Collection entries

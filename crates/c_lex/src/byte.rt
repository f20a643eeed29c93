ghost use Rattle.std.specs.Prelude.{◌≡◌, ◌+◌, ◌≤◌, drop, length};
ghost use Rattle.std.specs.List.{prefix_len};
ghost use Rattle.c_lex.specs.inner.Classes.{is_in};
ghost use Rattle.c_lex.specs.Directives.{past, begins};

/// A class of bytes that stand in a row.
#[derive(Clone, Copy)]
pub enum Class {
    /// White space.
    White,
    /// 0 to 9.
    Digit,
    /// 0 to 7.
    OctalDigit,
    /// 0 to 9, A to F, a to f.
    HexDigit,
    /// A letter or `_`.
    Letter,
    /// What a name goes on with.
    Name,
    /// What doesn't end a line.
    Line,
    /// What stands before the `>` of a header.
    BeforeBracket,
}

impl Class {
    /// Whether the byte is of the class.
    pub fn has(self, byte: u8) -> bool
        ensures { result ≡ is_in self byte }
    {
        match self {
            Class::White => matches!(byte, b'\t'..=b'\r' | b' '),
            Class::Digit => byte.is_ascii_digit(),
            Class::OctalDigit => matches!(byte, b'0'..=b'7'),
            Class::HexDigit => byte.is_ascii_hexdigit(),
            Class::Letter => byte.is_ascii_alphabetic() || byte == b'_',
            Class::Name => byte.is_ascii_alphanumeric() || byte == b'_',
            Class::Line => byte != b'\n',
            Class::BeforeBracket => byte != b'>',
        }
    }
}

/// How many bytes of the class the bytes begin with.
pub fn run_len(class: Class, bytes: &[u8]) -> usize
    ensures len { result ≡ prefix_len (is_in class) bytes.now }
    ensures within { result ≤ length bytes.now }
{
    for (i, byte) in bytes.iter().enumerate() {
        if !class.has(*byte) {
            return i;
        }
    }
    bytes.len()
}

/// Where the bytes of the class end that stand from a place on.
pub fn past(class: Class, bytes: &[u8], from: usize) -> usize
    requires { from ≤ length bytes.now }
    ensures place { result ≡ past (is_in class) bytes.now from }
    ensures later { from ≤ result }
    ensures within { result ≤ length bytes.now }
{
    from + run_len(class, &bytes[from..])
}

/// Whether the first byte, if there is one, is of the class.
pub fn begins(class: Class, bytes: &[u8]) -> bool
    ensures { result ≡ begins (is_in class) bytes.now }
{
    match bytes {
        [] => false,
        [byte, ..] => class.has(*byte),
    }
}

What to produce:
Which lines of the data contain "HexDigit"? Copy them all.

Result of the task:
    HexDigit,
            Class::HexDigit => byte.is_ascii_hexdigit(),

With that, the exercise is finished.